The water-soluble B vitamins have to be absorbed in the small intestine and then go to the liver where they are biotransformed into their active coenzyme forms. B Activ contains vitamins B1 (thiamine), B2 (riboflavin), B6 (pyridoxine), and B12 (methylcobalamin) in their physiologically-active form making them easier to absorb and “ready for-use.” For example, in patients receiving pyridoxine HCl, only 33 percent responded with an increase in plasma pyridoxal-5’-phosphate (P5P); however, the level increased in all of the patients receiving P5P.
Folate is provided as 5-methyltetrahydrofolate (5-MTHF), which bypasses metabolic steps to folate bioactivity. Despite research showing that folic acid and 5-MTHF have equivalent bioavailability and that supplementation with large doses of folic acid can “force” its conversion to the more active form, 5-MTHF may be the preferred form to replenish folate. This may be especially applicable to those with digestive challenges or genetic variations in folate metabolism. In this formula, 5-MTHF is provided as Quatrefolic—the glucosamine salt of 5-MTHF. In vitro and in vivo studies have proven that Quatrefolic has greater stability, solubility, and bioavailability over calcium salt forms of 5-MTHF. Folate is stored in small amounts in red blood cells (RBC), and RBC folate has been shown to be higher after supplementation with 5-MTHF compared to folic acid and placebo. Likewise, patients given 5 mg of 5-MTHF experienced plasma levels of 5-MTHF 700% greater than patients given folic acid.
Another unique ingredient in this formula is benfotiamine (S-benzoylthiamine O-monophosphate), a safe, fat-soluble analog of thiamine. One study showed that it not only raised blood and tissue levels of thiamine at least five times higher than the water-soluble salt, but it also remained bioavailable after oral administration up to 3.6 times longer than thiamine salt. Benfotiamine is the most potent of a class of thiamine-derived compounds present in small quantities in members of the Allium genus. The superiority of its biological activity compared to thiamine rests in its structure—a thiazole ring opens to allow easy diffusion through a membrane and then closes to become structurally active.
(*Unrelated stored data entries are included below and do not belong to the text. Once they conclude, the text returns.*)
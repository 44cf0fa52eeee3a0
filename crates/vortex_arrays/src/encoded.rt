//! Columns in a custom encoding.
ghost use Rattle.std.specs.Prelude.{◌≡◌, length};
ghost use Rattle.vortex_arrays.specs.Words.{AnswersUnlessMemory, ColumnView, IsDecoded, type_of};

use vortex_columns::{Column, DType, ExecutionCtx, VortexResult};

/// A column in a custom encoding. It represents one column, which only contracts see: the contracts
/// of the type, the length, the decoded column and the kernels' results are about that one.
pub trait EncodedColumn {
    ghost column: { Self → ColumnView };

    /// The type of its rows, borrowed.
    fn dtype(&self) -> &DType
        ensures { type_of result.now ≡ (column self.now).dtype };

    /// How many rows there are.
    fn len(&self) -> usize
        ensures { result ≡ length (column self.now).rows };

    /// Its rows as a column of its type. E9 where an allocation fails. Whether that is constant,
    /// and the form of its validity, are unspecified.
    fn decode(&self, ctx: &mut ExecutionCtx) -> VortexResult<Column>
        ensures { AnswersUnlessMemory result (IsDecoded (column self.now)) };
}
Benfotiamine increases transketolase activity, thereby diverting from three natural, yet destructive metabolic pathways: 1) it decreases the glucose metabolites that lead to the buildup of certain types of detrimental advanced glycation end products (AGEs); 2) it normalizes protein kinase C activity; 3) it protects the retina by preventing the activation of NF-kappaB therein. Research suggests it may also protect the kidneys and endothelial cells. Benfotiamine is useful for replenishing thiamine, this may be especially true in individuals that use the vitamin at a higher rate or in those with lifestyle habits that deplete it.